— WHAT YOU NEED TO DO —
Your answer is the listing, printed exactly as given.

— EXCERPTED DATA —
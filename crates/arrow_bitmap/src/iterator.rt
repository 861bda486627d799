//! Iterators over marks, from both ends, which contracts see as the list of marks that are left.
ghost use Rattle.std.specs.Prelude.{◌≡◌, ◌-◌, ◌*◌, ◌≤◌, ◌<◌, length, vec_len, Some, IfSome};
ghost use Rattle.std.specs.Iterator.{YieldsFirst, YieldsLast, item_count, at_most, UpTo};
ghost use Rattle.std.specs.Iterator.SizeHint.{IsWithinCount};
ghost use Rattle.arrow_bitmap.specs.Marks.{marks};
ghost use Rattle.arrow_bitmap.specs.Items.{SkipsThenFirstBy};

use crate::Bitmap;
use crate::bits::{mark_of, masked_mark_of};
use crate::mark_iter::MarkIter;
use std::marker::Model;
use std::rc::Rc;

/// A double-ended iterator over the marks of a bitmap.
#[derive(Drop)]
pub struct BitmapIter<'a> {
    bytes: &'a [u8],
    index: usize,
    end: usize,
}

// Contracts see the marks that are left.
impl<'a> Model for BitmapIter<'a> {
    ghost use Rattle.std.specs.Prelude.{List, Bool, ◌-◌, ◌*◌, ◌≤◌, length};
    ghost use Rattle.arrow_bitmap.specs.Marks.{marks};

    ghost Value = { List Bool };

    ghost view = { λ iterator. marks iterator.bytes.now iterator.index (iterator.end - iterator.index) };

    ghost invariant = { λ iterator. (iterator.index ≤ iterator.end) × (iterator.end ≤ 8 * length iterator.bytes.now) };
}

impl<'a> BitmapIter<'a> {
    /// Creates an iterator over the marks of packed bytes from `index` up to `end`.
    pub(crate) fn new(bytes: &'a [u8], index: usize, end: usize) -> Self
        requires order { index ≤ end }
        requires within { end ≤ 8 * length bytes.now }
        ensures { result ≡ marks bytes.entry.now index (end - index) }
    {
        BitmapIter { bytes, index, end }
    }

    /// Skips `n` marks and returns the next one. If no more than `n` are left, the iterator is at
    /// its end and the result is `None`. Takes constant time.
    #[tactic(auto, using(crate::proofs::MarkLemmas::mark_skips))]
    #[inline(always)]
    pub fn nth(&mut self, n: usize) -> Option<bool>
        ensures { SkipsThenFirstBy (λ mark. mark) (λ marks. marks) n self.old result self.new }
    {
        if n >= self.end - self.index {
            self.index = self.end;
            return None;
        }
        self.index += n;
        Some(self.pass())
    }
}

#[tactic(auto, using(crate::proofs::MarkLemmas::mark_steps))]
impl<'a> MarkIter for BitmapIter<'a> {
    ghost marks = { λ marks. marks };

    #[inline(always)]
    fn pass(&mut self) -> bool {
        let mark = mark_of(self.bytes, self.index);
        self.index += 1;
        mark
    }

    #[inline(always)]
    fn pass_back(&mut self) -> bool {
        self.end -= 1;
        mark_of(self.bytes, self.end)
    }
}

#[tactic(auto, using(crate::proofs::MarkLemmas::mark_steps))]
impl<'a> Iterator for BitmapIter<'a> {
    type Item = bool;

    ghost next_gives = { YieldsFirst (λ marks. marks) };

    ghost remaining = { item_count (λ marks. marks) };

    fn next(&mut self) -> Option<bool> {
        if self.index == self.end {
            return None;
        }
        // Not by `pass`, which shifts: a loop over marks alone is not vectorized.
        let mark = masked_mark_of(self.bytes, self.index);
        self.index += 1;
        Some(mark)
    }

    /// Returns the number of marks left, in both parts.
    fn size_hint(&self) -> (usize, Option<usize>)
        ensures exact { result ≡ (length self.now, Some (length self.now)) }
        ensures lower { IsWithinCount result.0 (at_most (length self.now)) }
        ensures upper { IfSome result.1 (UpTo (at_most (length self.now))) }
    {
        let left = self.end - self.index;
        (left, Some(left))
    }
}

#[tactic(auto, using(crate::proofs::MarkLemmas::mark_steps))]
impl<'a> DoubleEndedIterator for BitmapIter<'a> {
    ghost next_back_gives = { YieldsLast (λ marks. marks) };

    fn next_back(&mut self) -> Option<bool> {
        if self.index == self.end {
            return None;
        }
        Some(self.pass_back())
    }
}

impl<'a> ExactSizeIterator for BitmapIter<'a> {
    fn len(&self) -> usize {
        self.end - self.index
    }
}

impl IntoIterator for Bitmap {
    type Item = bool;

    type IntoIter = BitmapIntoIter;

    ghost into_iter_gives = { λ bitmap marks. marks ≡ bitmap };

    fn into_iter(self) -> BitmapIntoIter {
        let (bytes, offset, length, _unset) = self.into_parts();
        BitmapIntoIter::new(bytes, offset, offset + length)
    }
}

/// A double-ended iterator over the marks of a bitmap that owns the bytes.
#[derive(Drop)]
pub struct BitmapIntoIter {
    bytes: Rc<Vec<u8>>,
    index: usize,
    end: usize,
}

// Contracts see the marks that are left.
impl Model for BitmapIntoIter {
    ghost use Rattle.std.specs.Prelude.{List, Bool, ◌-◌, ◌*◌, ◌≤◌, vec_len};
    ghost use Rattle.arrow_bitmap.specs.Marks.{marks};

    ghost Value = { List Bool };

    ghost view = { λ iterator. marks iterator.bytes.value.items iterator.index (iterator.end - iterator.index) };

    ghost invariant = { λ iterator. (iterator.index ≤ iterator.end)
        × (iterator.end ≤ 8 * vec_len iterator.bytes.value) };
}

impl BitmapIntoIter {
    /// Creates an iterator over the marks of packed bytes from `index` up to `end`.
    pub(crate) fn new(bytes: Rc<Vec<u8>>, index: usize, end: usize) -> Self
        requires order { index ≤ end }
        requires within { end ≤ 8 * vec_len bytes.value }
        ensures { result ≡ marks bytes.value.items index (end - index) }
    {
        BitmapIntoIter { bytes, index, end }
    }

    /// Skips `n` marks and returns the next one. If no more than `n` are left, the iterator is at
    /// its end and the result is `None`. Takes constant time.
    #[tactic(auto, using(crate::proofs::MarkLemmas::mark_skips))]
    #[inline(always)]
    pub fn nth(&mut self, n: usize) -> Option<bool>
        ensures { SkipsThenFirstBy (λ mark. mark) (λ marks. marks) n self.old result self.new }
    {
        let left = self.end - self.index;
        if n >= left {
            self.index = self.end;
            return None;
        }
        self.index += n;
        Some(self.pass())
    }
}

#[tactic(auto, using(crate::proofs::MarkLemmas::mark_steps))]
impl MarkIter for BitmapIntoIter {
    ghost marks = { λ marks. marks };

    #[inline(always)]
    fn pass(&mut self) -> bool {
        let mark = mark_of(self.bytes.as_slice(), self.index);
        self.index += 1;
        mark
    }

    #[inline(always)]
    fn pass_back(&mut self) -> bool {
        self.end -= 1;
        mark_of(self.bytes.as_slice(), self.end)
    }
}

#[tactic(auto, using(crate::proofs::MarkLemmas::mark_steps))]
impl Iterator for BitmapIntoIter {
    type Item = bool;

    ghost next_gives = { YieldsFirst (λ marks. marks) };

    ghost remaining = { item_count (λ marks. marks) };

    fn next(&mut self) -> Option<bool> {
        if self.index == self.end {
            return None;
        }
        Some(self.pass())
    }

    /// Returns the number of marks left, in both parts.
    fn size_hint(&self) -> (usize, Option<usize>)
        ensures exact { result ≡ (length self.now, Some (length self.now)) }
        ensures lower { IsWithinCount result.0 (at_most (length self.now)) }
        ensures upper { IfSome result.1 (UpTo (at_most (length self.now))) }
    {
        let left = self.end - self.index;
        (left, Some(left))
    }
}

#[tactic(auto, using(crate::proofs::MarkLemmas::mark_steps))]
impl DoubleEndedIterator for BitmapIntoIter {
    ghost next_back_gives = { YieldsLast (λ marks. marks) };

    fn next_back(&mut self) -> Option<bool> {
        if self.index == self.end {
            return None;
        }
        Some(self.pass_back())
    }
}

mod text;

— FINAL ANSWER —
filename crates/arrow_bitmap/src/iterator.rt
repository 861bda486627d799
//! Iterators over marks, from both ends, which contracts see as the list of marks that are left.
ghost use Rattle.std.specs.Prelude.{◌≡◌, ◌-◌, ◌*◌, ◌≤◌, ◌<◌, length, vec_len, Some, IfSome};
ghost use Rattle.std.specs.Iterator.{YieldsFirst, YieldsLast, item_count, at_most, UpTo};
ghost use Rattle.std.specs.Iterator.SizeHint.{IsWithinCount};
ghost use Rattle.arrow_bitmap.specs.Marks.{marks};
ghost use Rattle.arrow_bitmap.specs.Items.{SkipsThenFirstBy};

use crate::Bitmap;
use crate::bits::{mark_of, masked_mark_of};
use crate::mark_iter::MarkIter;
use std::marker::Model;
use std::rc::Rc;

/// A double-ended iterator over the marks of a bitmap.
#[derive(Drop)]
pub struct BitmapIter<'a> {
    bytes: &'a [u8],
    index: usize,
    end: usize,
}

// Contracts see the marks that are left.
impl<'a> Model for BitmapIter<'a> {
    ghost use Rattle.std.specs.Prelude.{List, Bool, ◌-◌, ◌*◌, ◌≤◌, length};
    ghost use Rattle.arrow_bitmap.specs.Marks.{marks};

    ghost Value = { List Bool };

    ghost view = { λ iterator. marks iterator.bytes.now iterator.index (iterator.end - iterator.index) };

    ghost invariant = { λ iterator. (iterator.index ≤ iterator.end) × (iterator.end ≤ 8 * length iterator.bytes.now) };
}

impl<'a> BitmapIter<'a> {
    /// Creates an iterator over the marks of packed bytes from `index` up to `end`.
    pub(crate) fn new(bytes: &'a [u8], index: usize, end: usize) -> Self
        requires order { index ≤ end }
        requires within { end ≤ 8 * length bytes.now }
        ensures { result ≡ marks bytes.entry.now index (end - index) }
    {
        BitmapIter { bytes, index, end }
    }

    /// Skips `n` marks and returns the next one. If no more than `n` are left, the iterator is at
    /// its end and the result is `None`. Takes constant time.
    #[tactic(auto, using(crate::proofs::MarkLemmas::mark_skips))]
    #[inline(always)]
    pub fn nth(&mut self, n: usize) -> Option<bool>
        ensures { SkipsThenFirstBy (λ mark. mark) (λ marks. marks) n self.old result self.new }
    {
        if n >= self.end - self.index {
            self.index = self.end;
            return None;
        }
        self.index += n;
        Some(self.pass())
    }
}

#[tactic(auto, using(crate::proofs::MarkLemmas::mark_steps))]
impl<'a> MarkIter for BitmapIter<'a> {
    ghost marks = { λ marks. marks };

    #[inline(always)]
    fn pass(&mut self) -> bool {
        let mark = mark_of(self.bytes, self.index);
        self.index += 1;
        mark
    }

    #[inline(always)]
    fn pass_back(&mut self) -> bool {
        self.end -= 1;
        mark_of(self.bytes, self.end)
    }
}

#[tactic(auto, using(crate::proofs::MarkLemmas::mark_steps))]
impl<'a> Iterator for BitmapIter<'a> {
    type Item = bool;

    ghost next_gives = { YieldsFirst (λ marks. marks) };

    ghost remaining = { item_count (λ marks. marks) };

    fn next(&mut self) -> Option<bool> {
        if self.index == self.end {
            return None;
        }
        // Not by `pass`, which shifts: a loop over marks alone is not vectorized.
        let mark = masked_mark_of(self.bytes, self.index);
        self.index += 1;
        Some(mark)
    }

    /// Returns the number of marks left, in both parts.
    fn size_hint(&self) -> (usize, Option<usize>)
        ensures exact { result ≡ (length self.now, Some (length self.now)) }
        ensures lower { IsWithinCount result.0 (at_most (length self.now)) }
        ensures upper { IfSome result.1 (UpTo (at_most (length self.now))) }
    {
        let left = self.end - self.index;
        (left, Some(left))
    }
}

#[tactic(auto, using(crate::proofs::MarkLemmas::mark_steps))]
impl<'a> DoubleEndedIterator for BitmapIter<'a> {
    ghost next_back_gives = { YieldsLast (λ marks. marks) };

    fn next_back(&mut self) -> Option<bool> {
        if self.index == self.end {
            return None;
        }
        Some(self.pass_back())
    }
}

impl<'a> ExactSizeIterator for BitmapIter<'a> {
    fn len(&self) -> usize {
        self.end - self.index
    }
}

impl IntoIterator for Bitmap {
    type Item = bool;

    type IntoIter = BitmapIntoIter;

    ghost into_iter_gives = { λ bitmap marks. marks ≡ bitmap };

    fn into_iter(self) -> BitmapIntoIter {
        let (bytes, offset, length, _unset) = self.into_parts();
        BitmapIntoIter::new(bytes, offset, offset + length)
    }
}

/// A double-ended iterator over the marks of a bitmap that owns the bytes.
#[derive(Drop)]
pub struct BitmapIntoIter {
    bytes: Rc<Vec<u8>>,
    index: usize,
    end: usize,
}

// Contracts see the marks that are left.
impl Model for BitmapIntoIter {
    ghost use Rattle.std.specs.Prelude.{List, Bool, ◌-◌, ◌*◌, ◌≤◌, vec_len};
    ghost use Rattle.arrow_bitmap.specs.Marks.{marks};

    ghost Value = { List Bool };

    ghost view = { λ iterator. marks iterator.bytes.value.items iterator.index (iterator.end - iterator.index) };

    ghost invariant = { λ iterator. (iterator.index ≤ iterator.end)
        × (iterator.end ≤ 8 * vec_len iterator.bytes.value) };
}

impl BitmapIntoIter {
    /// Creates an iterator over the marks of packed bytes from `index` up to `end`.
    pub(crate) fn new(bytes: Rc<Vec<u8>>, index: usize, end: usize) -> Self
        requires order { index ≤ end }
        requires within { end ≤ 8 * vec_len bytes.value }
        ensures { result ≡ marks bytes.value.items index (end - index) }
    {
        BitmapIntoIter { bytes, index, end }
    }

    /// Skips `n` marks and returns the next one. If no more than `n` are left, the iterator is at
    /// its end and the result is `None`. Takes constant time.
    #[tactic(auto, using(crate::proofs::MarkLemmas::mark_skips))]
    #[inline(always)]
    pub fn nth(&mut self, n: usize) -> Option<bool>
        ensures { SkipsThenFirstBy (λ mark. mark) (λ marks. marks) n self.old result self.new }
    {
        let left = self.end - self.index;
        if n >= left {
            self.index = self.end;
            return None;
        }
        self.index += n;
        Some(self.pass())
    }
}

#[tactic(auto, using(crate::proofs::MarkLemmas::mark_steps))]
impl MarkIter for BitmapIntoIter {
    ghost marks = { λ marks. marks };

    #[inline(always)]
    fn pass(&mut self) -> bool {
        let mark = mark_of(self.bytes.as_slice(), self.index);
        self.index += 1;
        mark
    }

    #[inline(always)]
    fn pass_back(&mut self) -> bool {
        self.end -= 1;
        mark_of(self.bytes.as_slice(), self.end)
    }
}

#[tactic(auto, using(crate::proofs::MarkLemmas::mark_steps))]
impl Iterator for BitmapIntoIter {
    type Item = bool;

    ghost next_gives = { YieldsFirst (λ marks. marks) };

    ghost remaining = { item_count (λ marks. marks) };

    fn next(&mut self) -> Option<bool> {
        if self.index == self.end {
            return None;
        }
        Some(self.pass())
    }

    /// Returns the number of marks left, in both parts.
    fn size_hint(&self) -> (usize, Option<usize>)
        ensures exact { result ≡ (length self.now, Some (length self.now)) }
        ensures lower { IsWithinCount result.0 (at_most (length self.now)) }
        ensures upper { IfSome result.1 (UpTo (at_most (length self.now))) }
    {
        let left = self.end - self.index;
        (left, Some(left))
    }
}

#[tactic(auto, using(crate::proofs::MarkLemmas::mark_steps))]
impl DoubleEndedIterator for BitmapIntoIter {
    ghost next_back_gives = { YieldsLast (λ marks. marks) };

    fn next_back(&mut self) -> Option<bool> {
        if self.index == self.end {
            return None;
        }
        Some(self.pass_back())
    }
}

mod text;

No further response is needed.